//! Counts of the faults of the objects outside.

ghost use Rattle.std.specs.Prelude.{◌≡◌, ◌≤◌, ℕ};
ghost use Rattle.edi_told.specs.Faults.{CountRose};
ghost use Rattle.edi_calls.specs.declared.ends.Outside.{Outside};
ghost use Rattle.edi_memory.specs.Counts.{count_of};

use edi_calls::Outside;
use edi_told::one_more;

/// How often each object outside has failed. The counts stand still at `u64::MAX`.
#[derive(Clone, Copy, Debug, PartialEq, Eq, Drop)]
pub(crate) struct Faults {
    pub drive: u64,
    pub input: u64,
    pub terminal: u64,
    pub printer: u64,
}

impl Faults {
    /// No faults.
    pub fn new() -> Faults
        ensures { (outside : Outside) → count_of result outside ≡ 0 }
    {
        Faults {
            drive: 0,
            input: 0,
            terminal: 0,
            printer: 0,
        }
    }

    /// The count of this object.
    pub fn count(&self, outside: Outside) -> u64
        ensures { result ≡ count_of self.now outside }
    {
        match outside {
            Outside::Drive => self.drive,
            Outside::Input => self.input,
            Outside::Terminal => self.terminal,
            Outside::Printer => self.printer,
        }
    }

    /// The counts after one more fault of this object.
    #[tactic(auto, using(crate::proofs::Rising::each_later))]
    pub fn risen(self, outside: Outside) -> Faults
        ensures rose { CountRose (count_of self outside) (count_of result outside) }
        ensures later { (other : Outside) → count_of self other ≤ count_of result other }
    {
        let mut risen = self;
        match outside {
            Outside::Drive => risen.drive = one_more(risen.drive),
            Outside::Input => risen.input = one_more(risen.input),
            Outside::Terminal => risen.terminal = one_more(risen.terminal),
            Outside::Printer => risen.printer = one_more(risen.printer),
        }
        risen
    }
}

####

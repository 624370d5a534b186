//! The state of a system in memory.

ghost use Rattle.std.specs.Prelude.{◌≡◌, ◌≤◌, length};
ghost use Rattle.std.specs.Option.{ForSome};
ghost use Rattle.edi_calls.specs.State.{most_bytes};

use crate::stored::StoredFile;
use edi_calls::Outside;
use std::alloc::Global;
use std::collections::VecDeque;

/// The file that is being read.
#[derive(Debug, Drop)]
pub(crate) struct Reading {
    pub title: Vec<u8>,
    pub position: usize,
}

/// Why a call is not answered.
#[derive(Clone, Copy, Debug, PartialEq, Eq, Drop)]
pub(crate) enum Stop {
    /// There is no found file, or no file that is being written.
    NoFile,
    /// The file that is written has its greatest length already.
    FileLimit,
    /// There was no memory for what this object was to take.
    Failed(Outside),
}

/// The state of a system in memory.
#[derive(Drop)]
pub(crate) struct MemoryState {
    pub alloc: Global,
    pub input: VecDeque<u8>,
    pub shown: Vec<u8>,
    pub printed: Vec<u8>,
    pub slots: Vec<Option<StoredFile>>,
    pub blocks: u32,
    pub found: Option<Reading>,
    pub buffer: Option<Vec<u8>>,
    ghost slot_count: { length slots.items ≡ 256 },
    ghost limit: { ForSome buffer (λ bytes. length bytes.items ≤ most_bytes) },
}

####

#### INSTRUCTIONS TO FOLLOW:
Write out exactly the lines that fall from the line with "pub fn new() -> Faults" to the line with "Outside::Drive => risen.drive" in the records above, keeping both ends.

#### REPLY:
    pub fn new() -> Faults
        ensures { (outside : Outside) → count_of result outside ≡ 0 }
    {
        Faults {
            drive: 0,
            input: 0,
            terminal: 0,
            printer: 0,
        }
    }

    /// The count of this object.
    pub fn count(&self, outside: Outside) -> u64
        ensures { result ≡ count_of self.now outside }
    {
        match outside {
            Outside::Drive => self.drive,
            Outside::Input => self.input,
            Outside::Terminal => self.terminal,
            Outside::Printer => self.printer,
        }
    }

    /// The counts after one more fault of this object.
    #[tactic(auto, using(crate::proofs::Rising::each_later))]
    pub fn risen(self, outside: Outside) -> Faults
        ensures rose { CountRose (count_of self outside) (count_of result outside) }
        ensures later { (other : Outside) → count_of self other ≤ count_of result other }
    {
        let mut risen = self;
        match outside {
            Outside::Drive => risen.drive = one_more(risen.drive),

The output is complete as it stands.